# Conversation and Fun > Just Conversation >  Dark Days

## jc17777

Hey everyone,

I have been going through a couple of dark weeks lately. Cancer took my mom about two weeks ago at the very young age of 54. She was originally misdiagnosed by her MD and then when she went to the hospital they couldnt figure out what was wrong for about a week and a half and pumped her with a cocktail of different meds which I think made her worse. It has put a big strain on my family and we are trying to cope with it the best we can. Cancer has now taken about 12 people in my extended family.

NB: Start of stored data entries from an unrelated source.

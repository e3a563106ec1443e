//! A well-formed and valid module is one whose records are read back.
//!
//! It stands on the laws of `record_law::types` and `record_law`. It promises that such a module fits, and so is what the tree that is written of it
//! stands for. Definitions: `ModuleFits` of `record_law`, and `specs/Fits/Laws` what the laws are.
//!
//! ```
//! -- of `define void @f() { ret void }`, as of each module that is well formed and valid
//! ModuleFits m -- holds
//! StandFor (tree_of begun (written_module m)) m -- and so this does
//! ```
mod laws;

pub use laws::{modules_fit, written_trees_stand};
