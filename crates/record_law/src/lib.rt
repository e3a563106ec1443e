//! Laws of bitcode as records: what is written of a module is read back.
//!
//! It stands on the records of `record_table` and on the laws of `record_law::bodies` and `record_law::types`. It promises the laws that
//! its calls name. Definitions: `specs/FittingEntries` says what variables and aliases must be, `specs/FittingModules` what a module must
//! be, `specs/Laws` what the laws are.
//!
//! Its modules:
//!
//! - `content`: The law of content: how records are spelled does not count.
//! - `bodies`: A body that is written is read back.
//! - `labels`: The names that a body declares are known ahead of it: they are those that are read.
//! - `types`: The block of types that is written of a module is read back.
//! - `fits`: A well-formed and valid module is one whose records are read back.
//! - `alone`: The law of records: what is written of a module spells it and no other.
//! - `formed`: The law of what is read: a module that a tree of records stands for is well formed.
//!
//! ```
//! -- of a module m that fits (`ModuleFits`)
//! tree_of begun (written_module m) -- the blocks 13, 23 and 8: the producer, the string table and the module
//! StandFor (tree_of begun (written_module m)) n -- holds of m, and of no other n
//! ```
#![tactic(auto)]

pub mod alone;
pub mod bodies;
pub mod content;
pub mod fits;
pub mod formed;
pub mod labels;
mod laws;
pub mod types;

pub use laws::{
    modules_are_read_back, openings_are_read_back, records_are_those_put,
    trees_are_read_or_refused, trees_stand_for_one,
};
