//! The law of content: how records are spelled does not count.
//!
//! It stands on the definitions of `bit_tree` and `record_table`. It promises that two trees of one content, whatever widths and
//! abbreviations spell them, stand for the same modules, and that the same record of them is refused. Definitions: `content` of `bit_tree`,
//! `StandFor` and `record_fault` of `record_table`, and `specs/Content/Laws` what the law is.
//!
//! ```
//! -- of two trees of one module, one written with abbreviations and with blocks of width 4, and one without and of width 3
//! content one ≡ content other -- so StandFor one m and StandFor other m hold of the same modules
//! record_fault one -- and where a record is refused, record_fault other is the same
//! ```
mod laws;

pub use laws::content_is_enough;
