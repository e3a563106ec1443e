//! What stands in the arena of a module.
ghost use Rattle.std.specs.Prelude.{◌≡◌, ◌<◌, length, true};
ghost use Rattle.ir_eval.specs.Value.{IsWidth};
ghost use Rattle.ir_memory.specs.Given.{IsLeaf};
ghost use Rattle.module_arena.specs.Changes.{constant_in};
ghost use Rattle.module_arena.specs.Known.{KnowsConst, counts};
ghost use Rattle.type_table.specs.Types.{tree};
ghost use Rattle.run_initial.specs.Constants.Sound.{constant_of, is_scalar, leaf_tree, width_of};

use ir_memory::Leaf;
use module_arena::{Const, ConstId};
use run_names::Names;
use run_names::shapes::{TypeForm, form_of};
use type_table::{TypeId, TypeTable};

/// The types of the module.
pub fn types_of<'n>(names: &'n Names<'_>) -> &'n TypeTable
    ensures { result.now ≡ names.now.table }
{
    names.program().arena().types()
}

/// The constant with that id.
pub fn constant_at<'n>(names: &'n Names<'_>, id: ConstId) -> &'n Const
    requires { id < length names.now.constants }
    ensures here { constant_of names.now id ≡ constant_in names.now result.now }
    ensures known { KnowsConst (length names.now.table.types) (counts names.now) id result.now }
{
    let arena = names.program().arena();
    // What holds of each arena.
    let _count = arena.variable_count();
    arena.constant(id)
}

/// What leaf a type of integers or pointers has.
pub fn kind_of(names: &Names<'_>, ty: TypeId) -> Leaf
    requires known { ty < length names.now.table.types }
    requires scalar { is_scalar (tree names.now.table ty) ≡ true }
    ensures tree { tree names.now.table ty ≡ leaf_tree result }
    ensures leaf { IsLeaf result }
{
    let types = types_of(names);
    // What holds of each table of types.
    let _count = types.type_count();
    match form_of(types, ty) {
        TypeForm::Int(width) => Leaf::Int(width),
        TypeForm::Pointer => Leaf::Ptr,
        TypeForm::Nothing => Leaf::Ptr,
        TypeForm::Opaque => Leaf::Ptr,
        TypeForm::Array(_) => Leaf::Ptr,
        TypeForm::Struct(_) => Leaf::Ptr,
    }
}

/// The width in bits with which a leaf is cast; that of a pointer is written 64.
pub(crate) fn width_of(kind: Leaf) -> u8
    requires { IsLeaf kind }
    ensures value { result ≡ width_of kind }
    ensures width { IsWidth result }
{
    match kind {
        Leaf::Int(width) => width,
        Leaf::Ptr => 64,
    }
}
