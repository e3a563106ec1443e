//! Constants of one leaf (LangRef, "Simple Constants", "Constant Expressions").
ghost use Rattle.std.specs.Prelude.{◌≡◌, ◌*◌, ◌^◌, ◌<◌, All, IfSome, length, true, if◌then◌else◌};
ghost use Rattle.ir_eval.specs.Cast.{cast_of};
ghost use Rattle.ir_eval.specs.Operators.{binary_of};
ghost use Rattle.ir_eval.specs.Value.{IsPointer};
ghost use Rattle.ir_tables.specs.Flags.{has_flag};
ghost use Rattle.ir_tables.specs.declared.flag.Flag.TheVariants as flag;
ghost use Rattle.module_arena.specs.Constants.{element_operands_fit, is_cast_between};
ghost use Rattle.module_arena.specs.Forms.{is_constant_binary};
ghost use Rattle.module_arena.specs.TypeTests.{is_integer, lies_in_memory};
ghost use Rattle.module_arena.specs.View.{module_of};
ghost use Rattle.type_table.specs.Tree.{ptr};
ghost use Rattle.type_table.specs.Types.{structs, tree};
ghost use Rattle.type_table.specs.declared.measure.TheConstants.{SIZE_LIMIT};
ghost use Rattle.run_rules.specs.Constant as rules;
ghost use Rattle.run_rules.specs.Displace.{inner_term, known, number_in, reach_of, sum_of, terms_of};
ghost use Rattle.run_rules.specs.Leaves.{element};
ghost use Rattle.run_actions.specs.Accesses.Near.{IsNear};
ghost use Rattle.run_initial.specs.Constants.Places.{IsPlace, index_of, shape_at, term_reach};
ghost use Rattle.run_names.specs.Shapes.Shapes.{shape_in};
ghost use Rattle.run_initial.specs.Constants.Sound.{HasType, IsOfKind, IsPart, IsSound, constant_of, constants_with_types, is_scalar, leaf_tree, names_of};

use crate::constants::arena::{constant_at, kind_of, types_of, width_of};
use crate::constants::distance::{Reached, before_all, moved, reached_by};
use crate::constants::filled::zero;
use ir_eval::{Scalar, binary, cast};
use ir_memory::Leaf;
use ir_tables::{Flag, Flags, Opcode};
use module_arena::{Const, ConstAddress, ConstId, ConstPair, TypedConst};
use run_names::Names;
use type_table::TypeId;

/// A truth as a number.
fn bit(truth: bool) -> Scalar
    ensures { result ≡ Scalar.Int (if truth then 1 else 0) }
{
    if truth {
        return Scalar::Int(1);
    }
    Scalar::Int(0)
}

/// A cast of a constant to that type.
#[cycle(leaf)]
fn cast_leaf(names: &Names<'_>, opcode: Opcode, operand: TypedConst, to: TypeId) -> Scalar
    requires operand { IsPart names.now operand }
    requires to { to < length names.now.table.types }
    requires between { is_cast_between opcode (tree names.now.table operand.ty) (tree names.now.table to) ≡ true }
    ensures value { result ≡ cast_of opcode 0 (rules.width_of (names_of names.now) (tree names.now.table operand.ty)) (rules.width_of (names_of names.now) (tree names.now.table to))
        (rules.one_leaf (rules.constant_value (names_of names.now) (tree names.now.table operand.ty) (constant_of names.now operand.value))) }
    ensures kind { HasType (tree names.now.table to) result }
{
    let from = kind_of(names, operand.ty);
    let onto = kind_of(names, to);
    let leaf = leaf_at(names, from, operand.value);
    let from_width = width_of(from);
    let to_width = width_of(onto);
    cast(opcode, Flags::empty(), from_width, to_width, leaf)
}

/// A binary operation on two constants of one integer type. Those that constants have are never undefined.
#[cycle(leaf)]
fn binary_leaf(names: &Names<'_>, opcode: Opcode, flags: Flags, pair: ConstPair) -> Scalar
    requires left { IsPart names.now pair.left }
    requires right { IsPart names.now pair.right }
    requires integer { is_integer (tree names.now.table pair.left.ty) ≡ true }
    requires same { tree names.now.table pair.left.ty ≡ tree names.now.table pair.right.ty }
    requires opcode { is_constant_binary opcode ≡ true }
    ensures value { result ≡ rules.or_poison (binary_of opcode flags (rules.width_of (names_of names.now) (tree names.now.table pair.left.ty))
        (rules.one_leaf (rules.constant_value (names_of names.now) (tree names.now.table pair.left.ty) (constant_of names.now pair.left.value)))
        (rules.one_leaf (rules.constant_value (names_of names.now) (tree names.now.table pair.right.ty) (constant_of names.now pair.right.value)))) }
    ensures kind { HasType (tree names.now.table pair.left.ty) result }
{
    let kind = kind_of(names, pair.left.ty);
    let left = leaf_at(names, kind, pair.left.value);
    let right = leaf_at(names, kind, pair.right.value);
    let width = width_of(kind);
    match binary(opcode, flags, width, left, right) {
        Ok(leaf) => leaf,
        Err(_) => Scalar::Poison,
    }
}

/// Behind a constant index.
#[cycle(leaf)]
fn further(names: &Names<'_>, reached: Reached, index: TypedConst) -> Reached
    requires index { IsPart names.now index }
    requires integer { is_integer (tree names.now.table index.ty) ≡ true }
    requires place { IsPlace names.now.table reached.place }
    requires near { IfSome reached.distance (IsNear (2 ^ 125)) }
    ensures place { IsPlace names.now.table result.place }
    ensures shape { shape_at names.now.table result.place ≡ element (shape_at names.now.table reached.place) (number_in (index_of names.now index)) }
    ensures distance { result.distance ≡ sum_of reached.distance (term_reach (inner_term (shape_at names.now.table reached.place) (index_of names.now index))) }
    ensures near { IfSome (term_reach (inner_term (shape_at names.now.table reached.place) (index_of names.now index))) (IsNear (2 ^ 63 * SIZE_LIMIT)) }
{
    let kind = kind_of(names, index.ty);
    let leaf = leaf_at(names, kind, index.value);
    let width = width_of(kind);
    reached_by(types_of(names), reached, leaf, width)
}

/// How far constant indices lead into values of that type, in bytes; None where one is poison.
#[cycle(leaf)]
fn distance_of(names: &Names<'_>, source: TypeId, indices: &[TypedConst]) -> Option<i128>
    requires source { source < length names.now.table.types }
    requires laid { lies_in_memory (structs names.now.table) (tree names.now.table source) ≡ true }
    requires indices { All (IsPart names.now) indices.now }
    requires integers { All (λ index. is_integer (tree names.now.table index.ty) ≡ true) indices.now }
    ensures { result ≡ reach_of known (terms_of (shape_in names.now.table source) (rules.constant_indices (names_of names.now) (constants_with_types names.now indices.now))) }
{
    let mut reached = before_all(types_of(names), source);
    'indices: for index in indices {
        reached = further(names, reached, *index);
    }
    reached.distance
}

/// A constant `getelementptr`.
#[cycle(leaf)]
fn address_leaf(names: &Names<'_>, flags: Flags, address: &ConstAddress) -> Scalar
    requires source { address.now.source < length names.now.table.types }
    requires laid { lies_in_memory (structs names.now.table) (tree names.now.table address.now.source) ≡ true }
    requires operands { All (IsPart names.now) address.now.operands }
    requires fit { element_operands_fit (structs names.now.table) (tree names.now.table address.now.source) (constants_with_types names.now address.now.operands) ≡ true }
    ensures { result ≡ rules.element_address (names_of names.now) (has_flag flags flag.Inbounds) (shape_in names.now.table address.now.source)
        (rules.constant_indices (names_of names.now) (constants_with_types names.now address.now.operands)) }
{
    let operands = address.operands.as_slice();
    if operands.is_empty() {
        return Scalar::Poison;
    }
    let base = leaf_at(names, Leaf::Ptr, operands[0].value);
    let distance = distance_of(names, address.source, &operands[1..]);
    moved(names, flags.has(Flag::Inbounds), base, distance)
}

/// The one leaf of a constant at the type of that leaf.
#[cycle(leaf)]
fn leaf_at(names: &Names<'_>, kind: Leaf, id: ConstId) -> Scalar
    requires constant { id < length names.now.constants }
    requires sound { IsSound (module_of names.now) (leaf_tree kind) (constant_of names.now id) }
    ensures value { result ≡ rules.one_leaf (rules.constant_value (names_of names.now) (leaf_tree kind) (constant_of names.now id)) }
    ensures kind { IsOfKind kind result }
{
    let known = constant_at(names, id);
    match known {
        Const::Integer(number) => Scalar::Int(*number),
        Const::Truth(truth) => bit(*truth),
        Const::Null => zero(Leaf::Ptr),
        Const::Undef => zero(kind),
        Const::ZeroInitializer => zero(kind),
        Const::Poison => Scalar::Poison,
        Const::Address(global) => names.address(*global),
        Const::ElementAddress(flags, address) => address_leaf(names, *flags, address.get()),
        Const::Cast(opcode, operand, to) => cast_leaf(names, *opcode, *operand, *to),
        Const::Binary(opcode, flags, pair) => binary_leaf(names, *opcode, *flags, *pair.get()),
        // No integer and no pointer is a list.
        Const::ByteString(_) => Scalar::Poison,
        Const::Aggregate(_, _) => Scalar::Poison,
    }
}

/// The leaf of a constant at a type of integers or pointers, as a run of the module alone has it. No memory is wanted.
pub fn leaf_of(names: &Names<'_>, ty: TypeId, id: ConstId) -> Scalar
    requires ty { ty < length names.now.table.types }
    requires constant { id < length names.now.constants }
    requires scalar { is_scalar (tree names.now.table ty) ≡ true }
    requires sound { IsSound (module_of names.now) (tree names.now.table ty) (constant_of names.now id) }
    ensures value { result ≡ rules.one_leaf (rules.constant_value (names_of names.now) (tree names.now.table ty) (constant_of names.now id)) }
    ensures kind { HasType (tree names.now.table ty) result }
{
    leaf_at(names, kind_of(names, ty), id)
}

/// The leaf of a constant that is a pointer, where no type is written: that of a callee.
pub fn pointer_leaf(names: &Names<'_>, id: ConstId) -> Scalar
    requires constant { id < length names.now.constants }
    requires sound { IsSound (module_of names.now) ptr (constant_of names.now id) }
    ensures value { result ≡ rules.one_leaf (rules.constant_value (names_of names.now) ptr (constant_of names.now id)) }
    ensures kind { IsPointer result }
{
    leaf_at(names, Leaf::Ptr, id)
}
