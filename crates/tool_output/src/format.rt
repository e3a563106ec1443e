//! How a result stands for a module.

/// What is written of a module: its canonical text, or the bitcode that is its one spelling.
///
/// ```
/// OutputFormat::CanonicalText // of `llvm-link -S`
/// OutputFormat::Bitcode // of `llvm-link`
/// ```
#[derive(Clone, Copy)]
pub enum OutputFormat {
    /// Canonical text.
    CanonicalText,
    /// Bitcode.
    Bitcode,
}
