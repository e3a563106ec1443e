//! What a walker gives.

/// A block that begins: its id, how many bits the abbreviation ids inside it have, and its count of words.
///
/// ```
/// // of a block of id 8 whose abbreviation ids have 3 bits, and which has 20 words of 32 bits
/// BlockHead { id: 8, width: 3, words: 20 }
/// ```
#[derive(Clone, Copy)]
pub struct BlockHead {
    pub id: u32,
    pub width: u32,
    pub words: u32,
}

/// A record that stands there: its abbreviation id, which is 3 where it has none, and its code.
///
/// ```
/// RecordHead { id: 3, code: 1 } // of a record of code 1 without an abbreviation
/// ```
#[derive(Clone, Copy)]
pub struct RecordHead {
    pub id: u32,
    pub code: u32,
}

/// An entry or a definition of a stream.
///
/// ```
/// Event::Begun(BlockHead { id: 8, width: 3, words: 20 })
/// Event::Defined(4) // the first abbreviation of a block
/// ```
#[derive(Clone, Copy)]
pub enum Event {
    /// A block begins.
    Begun(BlockHead),
    /// The innermost open block ends.
    Ended,
    /// An abbreviation is defined, and has this id where it is in force.
    Defined(u64),
    /// A record, whose operands are taken one by one.
    Held(RecordHead),
}
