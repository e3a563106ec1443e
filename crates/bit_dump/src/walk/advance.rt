//! From one place of a judged stream to the next.
ghost use Rattle.std.specs.Prelude.{◌≡◌, ℕ, ◌&&◌, List, [], Some, Ok, false, IfOk, nat_le};
ghost use Rattle.bit_stream.specs.Bits.Reading.{fixed};
ghost use Rattle.bit_stream.specs.Abbreviation.{is_blob};
ghost use Rattle.bit_stream.specs.Entry.{number_of, id_at, defined_at};
ghost use Rattle.bit_tree.specs.Pieces.{Piece};
ghost use Rattle.bit_dump.specs.Walk.Left.{Ahead, IsPlace, Steps};
ghost use Rattle.bit_dump.specs.Walk.Passing.{pass_item, IsBy};
ghost use Rattle.bit_dump.specs.Walk.Values.{operands_at, left_by, Leaves, IsRead, list_of};
ghost use Rattle.bit_dump.specs.Walk.Walker.{IsBare};
ghost use Rattle.bit_dump.specs.declared.walk.event.Event.TheVariants.{Begun, Held};
ghost use Rattle.bit_dump.specs.declared.walk.values.OperandStage.TheVariants.{Over};

use crate::walk::event::{BlockHead, Event, RecordHead};
use crate::walk::item::{WalkItem, pass_item};
use crate::walk::scope::WalkScope;
use crate::walk::starts::Kept;
use crate::walk::values::{OperandStage, begin};
use bit_stream::bits::BitCursor;
use bit_stream::{AdmittedAbbreviation, ChunkWidth, Entry, StreamFault};
use std::alloc::{AllocError, Global};

/// What was passed: the event, and of a record where its operands stand, and its blob.
#[derive(Drop)]
pub struct Arrival<'b> {
    pub event: Option<Event>,
    pub inner: BitCursor<'b>,
    pub stage: OperandStage,
    pub has_blob: bool,
    pub blob: &'b [u8],
}

/// What is no record.
fn plain<'b>(event: Option<Event>, inner: BitCursor<'b>) -> Arrival<'b>
    ensures event { result.event ≡ event }
    ensures stage { result.stage ≡ Over }
    ensures has_blob { result.has_blob ≡ false }
    ensures blob { result.blob.now ≡ [] }
{
    Arrival {
        event,
        inner,
        stage: OperandStage::Over,
        has_blob: false,
        blob: &[],
    }
}

/// A record that stands at a place and is not refused.
fn held<'b>(
    place: BitCursor<'b>,
    width: ChunkWidth,
    abbreviation: &AdmittedAbbreviation,
    code: u32,
    blob: &'b [u8],
) -> Arrival<'b>
    requires { IsRead (operands_at width abbreviation.now place) }
    ensures event { result.event ≡ Some (Held (record { id = number_of (fixed width place.entry); code = code })) }
    ensures left { (ns : List ℕ) → Leaves (operands_at width abbreviation.now place.entry) ns → Leaves (left_by result.stage abbreviation.now result.inner) ns }
    ensures has_blob { result.has_blob ≡ (nat_le 4 (number_of (fixed width place.entry)) && is_blob abbreviation.now.tail) }
    ensures blob { result.blob.now ≡ blob.now }
{
    let mut inner = place;
    let start = begin(&mut inner, width, abbreviation);
    Arrival {
        event: Some(Event::Held(RecordHead { id: start.id, code })),
        inner,
        stage: start.stage,
        has_blob: start.id >= 4 && abbreviation.tail.is_blob(),
        blob,
    }
}

/// Passes what stands in front, which is not refused.
fn pass_judged<'b>(
    cursor: &mut BitCursor<'b>,
    scope: &mut WalkScope<'b>,
    kept: &mut Kept,
    alloc: Global,
) -> Result<WalkItem<'b>, AllocError>
    requires { IsPlace scope.old cursor.old kept.old.start kept.old.abbreviation }
    ensures read { IfOk result (λ item. pass_item scope.old.scope cursor.old ≡ Ok (record { entry = item.entry; scope = scope.new.scope; operands = []; blob = item.blob.now }, cursor.new)) }
    ensures by { IfOk result (λ item. IsBy item.entry kept.new.abbreviation (defined_at scope.old.scope cursor.old) cursor.new scope.old.scope (id_at scope.old.scope cursor.old)) }
    ensures place { IfOk result (λ _. IsPlace scope.new cursor.new kept.new.start kept.new.abbreviation) }
{
    match pass_item(cursor, scope, kept, alloc) {
        Ok(item) => Ok(item),
        Err(StreamFault::Memory) => Err(AllocError),
        Err(StreamFault::Bit(_)) => unreachable!(),
    }
}

/// Goes past what stands in front.
#[inline(never)]
pub fn advance<'b>(
    cursor: &mut BitCursor<'b>,
    scope: &mut WalkScope<'b>,
    kept: &mut Kept,
    alloc: Global,
) -> Result<Arrival<'b>, AllocError>
    requires { IsPlace scope.old cursor.old kept.old.start kept.old.abbreviation }
    ensures place { IfOk result (λ _. IsPlace scope.new cursor.new kept.new.start kept.new.abbreviation) }
    ensures read { IfOk result (λ a. IsRead (left_by a.stage kept.new.abbreviation a.inner)) }
    ensures bare { IfOk result (λ a. IsBare a.event (record { spent = false; left = []; operands = list_of (left_by a.stage kept.new.abbreviation a.inner); has_blob = a.has_blob; blob = a.blob.now; abbreviation = kept.new.abbreviation })) }
    ensures gave { IfOk result (λ a. (ps : List Piece) → Ahead scope.old.scope cursor.old ps → Steps ps a.event (record { spent = false; left = []; operands = list_of (left_by a.stage kept.new.abbreviation a.inner); has_blob = a.has_blob; blob = a.blob.now; abbreviation = kept.new.abbreviation }) scope.new.scope cursor.new) }
{
    let place = cursor.copy();
    let width = scope.width();
    let next_id = scope.in_force() as u64 + 4;
    let item = pass_judged(cursor, scope, kept, alloc)?;
    match item.entry {
        None => Ok(plain(Some(Event::Defined(next_id)), place)),
        Some(entry) => match entry {
            Entry::Block(id) => Ok(plain(Some(block(id, scope)), place)),
            Entry::EndBlock => Ok(plain(Some(Event::Ended), place)),
            Entry::End => Ok(plain(None, place)),
            Entry::Record(code) => Ok(held(
                place,
                width,
                kept.abbreviation.admitted(),
                code,
                item.blob,
            )),
        },
    }
}

/// A block that was entered.
fn block(id: u32, scope: &WalkScope) -> Event
    ensures { result ≡ Begun (record { id = id; width = scope.now.scope.block.width; words = scope.now.scope.block.words }) }
{
    Event::Begun(BlockHead {
        id,
        width: scope.width().bits(),
        words: scope.words(),
    })
}
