//! The block of types that is written of a module is read back.
//!
//! It stands on the records of `record_table` and on `record_law::bodies`. It promises that of a well-formed module the types and structs that its
//! records list are read as those that it has. Definitions: `specs/Types/ReadTypes` says what is read, `specs/Types/Laws` what the law is.
//!
//! ```
//! -- of `@a = global [2 x i32] zeroinitializer`
//! mentioned m -- int 32 ∷ array 2 (int 32) ∷ []: each behind its parts
//! type_lines texts (mentioned m) m -- (1, 32 ∷ []) ∷ (4, 2 ∷ 0 ∷ []) ∷ []: INT 32, and ARRAY of two of type 0
//! ```
mod laws;

pub use laws::types_are_read_back;
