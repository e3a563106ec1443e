//! A walker over a judged stream.
ghost use Rattle.std.specs.Prelude.{◌≡◌, ◌≤◌, false, length, IfOk, None};
ghost use Rattle.bit_stream.specs.declared.reader.TheConstants.{LARGEST_STREAM};
ghost use Rattle.bit_tree.specs.Stream.{StreamTree, Stream};
ghost use Rattle.bit_tree.specs.Pieces.{flat};
ghost use Rattle.bit_tree.specs.Read.{IsStream};
ghost use Rattle.bit_dump.specs.Walk.Walker.{Walks, Took, IsBare};

use crate::walk::advance::advance;
use crate::walk::event::{Event, RecordHead};
use crate::walk::plain::{PlainRecord, behind, plain_in_front};
use crate::walk::scope::WalkScope;
use crate::walk::starts::Kept;
use crate::walk::values::{OperandStage, next_value, plain_spelling, value};
use bit_stream::AdmittedAbbreviation;
use bit_stream::bits::BitCursor;
use std::alloc::{AllocError, Global};
use std::marker::Model;

/// A walker over the entries and definitions of a stream that is a tree, in order. After want of memory it is spent: every
/// later call of `next` answers that.
///
/// It holds no list of operands: those of a record are read as they are taken.
#[derive(Drop)]
pub struct Walker<'b> {
    cursor: BitCursor<'b>,
    scope: WalkScope<'b>,
    kept: Kept,
    /// Where the next operand of the record stands that was given last.
    inner: BitCursor<'b>,
    stage: OperandStage,
    has_blob: bool,
    blob: &'b [u8],
    spent: bool,
    /// Of a record without an abbreviation, where one was given last, how many operands were not taken. It is passed with the
    /// next step: until then the cursor is where it was before.
    waiting: Option<u64>,
    alloc: Global,
}

impl<'b> Model for Walker<'b> {
    ghost use Rattle.bit_dump.specs.Walk.Left.{pieces_left, operands_left, IsWalking};
    ghost use Rattle.bit_dump.specs.Walk.Plain.{place_of, found_of};
    ghost use Rattle.bit_dump.specs.Walk.Values.{left_by};
    ghost use Rattle.bit_dump.specs.Walk.Walker.{Walker};

    ghost Value = { Walker };

    ghost view = { λ w. record { spent = w.spent; left = pieces_left w.spent w.scope.scope (place_of w.waiting w.inner w.cursor); operands = operands_left w.spent (found_of w.waiting w.inner (left_by w.stage w.kept.abbreviation w.inner)); has_blob = w.has_blob; blob = w.blob.now; abbreviation = w.kept.abbreviation } };

    ghost invariant = { λ w. IsWalking w.spent w.scope (place_of w.waiting w.inner w.cursor) w.kept.start w.kept.abbreviation (found_of w.waiting w.inner (left_by w.stage w.kept.abbreviation w.inner)) };
}

impl<'b> Walker<'b> {
    /// A walker in front of the whole tree of a stream.
    pub fn new(alloc: Global, bytes: &'b [u8]) -> Walker<'b>
        requires short { length bytes.now ≤ LARGEST_STREAM }
        requires judged { IsStream bytes.now }
        ensures unspent { result.spent ≡ false }
        ensures bare { IsBare None result }
        ensures whole { (tree : StreamTree) → Stream bytes.now tree → result.left ≡ flat tree }
    {
        let cursor = BitCursor::at_bit(bytes, 32);
        let scope = WalkScope::new(alloc, bytes);
        let kept = Kept::nothing(alloc);
        Walker {
            cursor,
            scope,
            kept,
            inner: BitCursor::new(bytes),
            stage: OperandStage::Over,
            has_blob: false,
            blob: &[],
            spent: false,
            waiting: None,
            alloc,
        }
    }

    /// The next entry or definition, or none at the end of the stream. Operands of the record before that were not taken
    /// are passed over.
    #[inline(always)]
    pub fn next(&mut self) -> Result<Option<Event>, AllocError>
        ensures walks { Walks self.old.spent self.old result self.new }
        ensures bare { IfOk result (λ event. IsBare event self.new) }
    {
        if self.spent {
            return Err(AllocError);
        }
        let place = behind(&self.cursor, &self.inner, self.waiting);
        if let Some(plain) = plain_in_front(&place, &self.scope) {
            let PlainRecord { head, inner } = plain;
            self.inner = inner;
            self.waiting = Some(head.count);
            self.has_blob = false;
            self.blob = &[];
            return Ok(Some(Event::Held(RecordHead {
                id: 3,
                code: head.code,
            })));
        }
        self.cursor = place;
        self.waiting = None;
        self.spent = true;
        let arrival = advance(
            &mut self.cursor,
            &mut self.scope,
            &mut self.kept,
            self.alloc,
        )?;
        self.inner = arrival.inner;
        self.stage = arrival.stage;
        self.has_blob = arrival.has_blob;
        self.blob = arrival.blob;
        self.spent = false;
        Ok(arrival.event)
    }

    /// The next operand of the record that was given last, or none behind the last one and where no record was given.
    #[inline(always)]
    pub fn next_operand(&mut self) -> Option<u64>
        ensures { Took self.old result self.new }
    {
        if self.spent {
            return None;
        }
        match self.waiting {
            Some(count) => {
                if count == 0 {
                    return None;
                }
                self.waiting = Some(count - 1);
                Some(value(&mut self.inner, plain_spelling()))
            }
            None => next_value(
                &mut self.inner,
                &mut self.stage,
                self.kept.abbreviation.admitted(),
            ),
        }
    }

    /// Whether the record that was given last ends in a blob, an empty one included.
    pub fn has_blob(&self) -> bool
        ensures { result ≡ self.now.has_blob }
    {
        self.has_blob
    }

    /// The blob of the record that was given last; no bytes where it has none.
    pub fn blob(&self) -> &'b [u8]
        ensures { result.now ≡ self.now.blob }
    {
        self.blob
    }

    /// Behind a definition, the abbreviation that it defines; behind anything else it tells nothing.
    pub fn admitted(&self) -> &AdmittedAbbreviation
        ensures { result.now ≡ self.now.abbreviation }
    {
        self.kept.abbreviation.admitted()
    }
}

Here is to hoping that Cancer is one day cured

----------


## jc17777

My family and I have also been trying to fufill our last promises to her and keep her last wishes. We have been struggling a bit with the added expenses of everything that comes with funeral arrangements and what not. I am not asking for any handouts and don't expect anyone to donate but I did set up a gofundme page for anyone that would like to help out. Please dont feel obligated too though.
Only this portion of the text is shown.